Barry Hunter 03.14.08 at 4:16 pm

Theres a UK version of a similar guide here:
http://www.sirimo.co.uk/ukpr.php

(which already notes the Early day motion :)

Members on out website have been subject to similar questioning over photography in public places :(

5

stet 03.14.08 at 4:37 pm

This guy (link in French) was badly bitten by cops a couple of weeks ago in Paris.

6

ajay 03.14.08 at 5:08 pm

Link doesn’t work. Badly bitten?

7

stet 03.14.08 at 6:08 pm

8

stet 03.14.08 at 6:11 pm

(Euh… beaten)

9

smaug 03.14.08 at 9:51 pm

I see no reason to complain about this.

I confront everyone who buys toothpaste and ask them for their names and addresses to protect against terrorism.
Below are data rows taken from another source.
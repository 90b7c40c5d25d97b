// The first field with the pole system that is kept for the search.
ghost use Rattle.std.specs.Prelude.{◌≡◌, ◌<◌, length, get_or, IfOk, IfErr};
ghost use Rattle.ff_poly.specs.Limits.{IsEquation};
ghost use Rattle.ff_data.specs.Orders.{IsSep};
ghost use Rattle.ff_list.specs.Lists.{IsAdmitted, AreAdmitted, AreBothOrders, IsRefused};
ghost use Rattle.ff_const.specs.Irreducible.{IsIrreducible};
ghost use Rattle.ff_list.specs.Lists.{IsPointOf, HaveNoPlace, IsFirstAt};
ghost use Rattle.ff_list.specs.Searches.{ArePlaces, IsFormed, IsStart};
ghost use Rattle.ff_list.specs.Searches.{IsStartFault, HasNoStart, AreKept};

use crate::curve::{Curve, curve_of};
use crate::places::{Found, first_of, places_of};
use ff_alg::{FiniteField, NoMemory};
use ff_data::{Order, Point, Refusal, Sep, System, gap_number};
use ff_poly::Plane;
use std::alloc::Global;

/// What is known of two equations f and g before the search: why they are separable, the maximal
/// orders of both, the first point of the first field that has a pole system, and one there.
#[derive(Drop)]
pub struct KeptParts {
    pub sep1: Sep,
    pub finite1: Order,
    pub infinite1: Order,
    pub sep2: Sep,
    pub finite2: Order,
    pub infinite2: Order,
    pub point: Point,
    pub system: System,
}

/// The points of an equation, and the first of them with a pole system: its index among them, and a
/// system there.
#[derive(Drop)]
pub struct Start {
    pub places: Vec<Point>,
    pub index: usize,
    pub system: System,
}

/// Why an equation has no start.
#[derive(Drop)]
pub enum StartFault {
    NoPlace,
    PoleLimit,
    SmallGenus { system: System },
    NoMemory,
}

/// The start at a system, unless its gap number is 0 or 1.
fn start_at<K: FiniteField<E = u32>>(
    curve: &Curve<K>,
    places: Vec<Point>,
    found: Found,
) -> Result<Start, StartFault>
    requires index { found.index < length places.items }
    requires system { IsFormed (K.lawful curve.now.alg.k) curve.now.alg.f found.system }
    requires places { let c = curve.now in let L = K.lawful c.alg.k in
        ArePlaces L c.alg.f c.finite c.infinite places.items }
    requires first { let c = curve.now in let L = K.lawful c.alg.k in
        IsIrreducible L c.alg.f →
        IsFirstAt L c.alg.f c.finite c.infinite places.items found.index found.system }
    ensures places { IfOk result (λ r. r.places ≡ places) }
    ensures start { let c = curve.now in IfOk result (IsStart (K.lawful c.alg.k) c.alg.f) }
    ensures first { let c = curve.now in let L = K.lawful c.alg.k in
        IsIrreducible L c.alg.f → IfOk result (λ r.
        IsFirstAt L c.alg.f c.finite c.infinite r.places.items r.index r.system) }
    ensures fault { let c = curve.now in let L = K.lawful c.alg.k in
        IfErr result (IsStartFault L c.alg.f c.finite c.infinite) }
{
    let _curve = curve;
    let Found { index, system } = found;
    if gap_number(&system) <= 1 {
        drop(places);
        return Err(StartFault::SmallGenus { system });
    }
    Ok(Start {
        places,
        index,
        system,
    })
}

/// The start at one of the points.
fn start_among<K: FiniteField<E = u32>>(
    alloc: Global,
    curve: &Curve<K>,
    places: Vec<Point>,
) -> Result<Start, StartFault>
    requires places { let c = curve.now in let L = K.lawful c.alg.k in
        ArePlaces L c.alg.f c.finite c.infinite places.items }
    requires nonempty { 0 < length places.items }
    ensures places { let c = curve.now in let L = K.lawful c.alg.k in
        IfOk result (λ r. ArePlaces L c.alg.f c.finite c.infinite r.places.items) }
    ensures start { let c = curve.now in IfOk result (IsStart (K.lawful c.alg.k) c.alg.f) }
    ensures first { let c = curve.now in let L = K.lawful c.alg.k in
        IsIrreducible L c.alg.f → IfOk result (λ r.
        IsFirstAt L c.alg.f c.finite c.infinite r.places.items r.index r.system) }
    ensures fault { let c = curve.now in let L = K.lawful c.alg.k in
        IfErr result (IsStartFault L c.alg.f c.finite c.infinite) }
{
    match first_of(alloc, curve, &places) {
        Ok(Some(found)) => start_at(curve, places, found),
        Ok(None) => {
            drop(places);
            Err(StartFault::PoleLimit)
        },
        Err(NoMemory) => {
            drop(places);
            Err(StartFault::NoMemory)
        },
    }
}

/// The start at one of the points, where there is any.
fn start_in<K: FiniteField<E = u32>>(
    alloc: Global,
    curve: &Curve<K>,
    places: Vec<Point>,
) -> Result<Start, StartFault>
    requires { let c = curve.now in let L = K.lawful c.alg.k in
        ArePlaces L c.alg.f c.finite c.infinite places.items }
    ensures places { let c = curve.now in let L = K.lawful c.alg.k in
        IfOk result (λ r. ArePlaces L c.alg.f c.finite c.infinite r.places.items) }
    ensures start { let c = curve.now in IfOk result (IsStart (K.lawful c.alg.k) c.alg.f) }
    ensures first { let c = curve.now in let L = K.lawful c.alg.k in
        IsIrreducible L c.alg.f → IfOk result (λ r.
        IsFirstAt L c.alg.f c.finite c.infinite r.places.items r.index r.system) }
    ensures fault { let c = curve.now in let L = K.lawful c.alg.k in
        IfErr result (IsStartFault L c.alg.f c.finite c.infinite) }
{
    if places.is_empty() {
        drop(places);
        Err(StartFault::NoPlace)
    } else {
        start_among(alloc, curve, places)
    }
}

/// The points of an equation and the first of them that has a pole system within the pole limit,
/// with one there of a gap number above 1; else why there is none.
pub fn start_of<K: FiniteField<E = u32>>(
    alloc: Global,
    curve: &Curve<K>,
) -> Result<Start, StartFault>
    requires { let c = curve.now in
        AreBothOrders (K.lawful c.alg.k) c.alg.f c.finite c.infinite }
    ensures places { let c = curve.now in let L = K.lawful c.alg.k in
        IfOk result (λ r. ArePlaces L c.alg.f c.finite c.infinite r.places.items) }
    ensures start { let c = curve.now in IfOk result (IsStart (K.lawful c.alg.k) c.alg.f) }
    ensures first { let c = curve.now in let L = K.lawful c.alg.k in
        IsIrreducible L c.alg.f → IfOk result (λ r.
        IsFirstAt L c.alg.f c.finite c.infinite r.places.items r.index r.system) }
    ensures fault { let c = curve.now in let L = K.lawful c.alg.k in
        IfErr result (IsStartFault L c.alg.f c.finite c.infinite) }
{
    match places_of(alloc, curve) {
        Ok(places) => start_in(alloc, curve, places),
        Err(NoMemory) => Err(StartFault::NoMemory),
    }
}

/// The refusal of an equation without points.
fn no_place<K: FiniteField<E = u32>>(curve: Curve<K>) -> Refusal
    requires { let L = K.lawful curve.alg.k in
        HaveNoPlace L curve.alg.f curve.finite curve.infinite }
    ensures { HasNoStart (K.lawful curve.alg.k) curve.alg.f result }
{
    let Curve {
        alg: _,
        sep: _,
        finite,
        infinite,
    } = curve;
    Refusal::NoRationalPlace { finite, infinite }
}

/// The refusal of an equation without a start.
pub fn refusal_of<K: FiniteField<E = u32>>(curve: Curve<K>, fault: StartFault) -> Refusal
    requires { let L = K.lawful curve.alg.k in
        IsStartFault L curve.alg.f curve.finite curve.infinite fault }
    ensures { HasNoStart (K.lawful curve.alg.k) curve.alg.f result }
{
    match fault {
        StartFault::NoPlace => no_place(curve),
        StartFault::PoleLimit => {
            drop(curve);
            Refusal::PoleLimit
        },
        StartFault::SmallGenus { system } => {
            drop(curve);
            Refusal::SmallGenus { system }
        },
        StartFault::NoMemory => {
            drop(curve);
            Refusal::NoMemory
        },
    }
}

/// The point with an index.
fn point_of<K: FiniteField<E = u32>>(curve: &Curve<K>, places: Vec<Point>, index: usize) -> Point
    requires places { let c = curve.now in
        ArePlaces (K.lawful c.alg.k) c.alg.f c.finite c.infinite places.items }
    requires index { index < length places.items }
    ensures point { let c = curve.now in
        IsPointOf (K.lawful c.alg.k) c.alg.f c.finite c.infinite result }
    ensures at { (d : Point) → get_or places.items index d ≡ result }
{
    let _curve = curve;
    let mut items = places;
    items.swap_remove(index)
}

/// The parts of a first equation with its start, and of the second one.
fn parts_of<K: FiniteField<E = u32>>(
    one: Curve<K>,
    start: Start,
    second: &Plane,
    two: Curve<K>,
) -> KeptParts
    requires sep1 { IsSep (K.lawful one.alg.k) one.alg.f one.sep }
    requires places { let L = K.lawful one.alg.k in
        ArePlaces L one.alg.f one.finite one.infinite start.places.items }
    requires start { IsStart (K.lawful one.alg.k) one.alg.f start }
    requires first { let L = K.lawful one.alg.k in IsIrreducible L one.alg.f →
        IsFirstAt L one.alg.f one.finite one.infinite start.places.items start.index start.system }
    requires sep2 { IsSep (K.lawful one.alg.k) second.now two.sep }
    requires orders2 { AreBothOrders (K.lawful one.alg.k) second.now two.finite two.infinite }
    ensures { AreKept (K.lawful one.alg.k) one.alg.f second.now result }
{
    let _second = second;
    let point = point_of(&one, start.places, start.index);
    KeptParts {
        sep1: one.sep,
        finite1: one.finite,
        infinite1: one.infinite,
        sep2: two.sep,
        finite2: two.finite,
        infinite2: two.infinite,
        point,
        system: start.system,
    }
}

/// The parts of a first equation and of the second one.
fn kept_with<K: FiniteField<E = u32>>(
    alloc: Global,
    one: Curve<K>,
    second: &Plane,
    two: Curve<K>,
) -> Result<KeptParts, Refusal>
    requires sep1 { IsSep (K.lawful one.alg.k) one.alg.f one.sep }
    requires orders1 { AreBothOrders (K.lawful one.alg.k) one.alg.f one.finite one.infinite }
    requires sep2 { IsSep (K.lawful one.alg.k) second.now two.sep }
    requires orders2 { AreBothOrders (K.lawful one.alg.k) second.now two.finite two.infinite }
    ensures kept { IfOk result (AreKept (K.lawful one.alg.k) one.alg.f second.now) }
    ensures refused { IfErr result (HasNoStart (K.lawful one.alg.k) one.alg.f) }
{
    match start_of(alloc, &one) {
        Ok(start) => Ok(parts_of(one, start, second, two)),
        Err(fault) => {
            drop(two);
            Err(refusal_of(one, fault))
        },
    }
}

/// The parts of a first equation and of a second one that is looked at.
fn kept_from<K: FiniteField<E = u32>>(
    alloc: Global,
    one: Curve<K>,
    second: &Plane,
) -> Result<KeptParts, Refusal>
    requires sep1 { IsSep (K.lawful one.alg.k) one.alg.f one.sep }
    requires orders1 { AreBothOrders (K.lawful one.alg.k) one.alg.f one.finite one.infinite }
    requires admitted { IsAdmitted (K.lawful one.alg.k) one.alg.f }
    requires second { IsEquation (K.elements one.alg.k) second.now }
    ensures kept { IfOk result (AreKept (K.lawful one.alg.k) one.alg.f second.now) }
    ensures admitted { let L = K.lawful one.alg.k in
        IfOk result (λ _. AreAdmitted L one.alg.f second.now) }
    ensures refused { let L = K.lawful one.alg.k in
        IfErr result (IsRefused L one.alg.f second.now) }
{
    match curve_of(alloc, &one.alg.k, second, 2) {
        Ok(two) => kept_with(alloc, one, second, two),
        Err(refusal) => {
            drop(one);
            Err(refusal)
        },
    }
}

/// The maximal orders of two equations, and the first point of the first field with a pole system
/// within the pole limit, with one there of a gap number above 1.
///
/// The refusals come in this order: those of the first equation, those of the second one,
/// `NoRationalPlace` where the first field has no point, `PoleLimit` where none of its points has a
/// pole system within the pole limit, and `SmallGenus` where the gap number of the one of the first
/// point that has one is 0 or 1. This project's own.
pub fn kept<K: FiniteField<E = u32>>(
    alloc: Global,
    k: &K,
    first: &Plane,
    second: &Plane,
) -> Result<KeptParts, Refusal>
    requires first { IsEquation (K.elements k.now) first.now }
    requires second { IsEquation (K.elements k.now) second.now }
    ensures kept { IfOk result (AreKept (K.lawful k.now) first.now second.now) }
    ensures admitted { let L = K.lawful k.now in
        IfOk result (λ _. AreAdmitted L first.now second.now) }
    ensures refused { let L = K.lawful k.now in
        IfErr result (IsRefused L first.now second.now) }
{
    match curve_of(alloc, k, first, 1) {
        Ok(one) => kept_from(alloc, one, second),
        Err(refusal) => Err(refusal),
    }
}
Some object, but when I tell them that all of the 9/11 hijackers brushed their teeth with toothpaste, they realize that what I’m doing is essential for the war against terrorism and tooth decay.

10

Bernard Yomtov 03.14.08 at 11:33 pm

when I tell them that all of the 9/11 hijackers brushed their teeth with toothpaste..

And tell us, Smaug or whatever your name is, how you came into possession of this information.

11

vivian 03.15.08 at 12:56 am

And tell us, Smaug or whatever your name is, how you came into possession of this information

WaterPik™-boarding, obviously.

12

Will S. 03.17.08 at 4:57 am

LOL @Vivian!

13

The Constructivist 03.17.08 at 9:01 am

It’s two clicks from here to get to it, but can anyone confirm that JP Stormcrow is the author of the second parody poster Elizabeth posts on her site?

14

Stuart White 03.18.08 at 4:04 pm

I come a bit late to this topic, but I can’t resist pointing out that while the UK police have apparently become discouraging of photography by others in recent years, my experience is that the police are apparently so keen on it as a hobby that many of them have started to practice it even when on duty, e.g., at demonstrations. At one recent demo I was on (not that I attend many of them), it seemed as if around 1 police officer in 5 was taking the opportunity to take snaps of the passing demonstrators. Indeed, for the most part they seemed to have moved on from photography to film.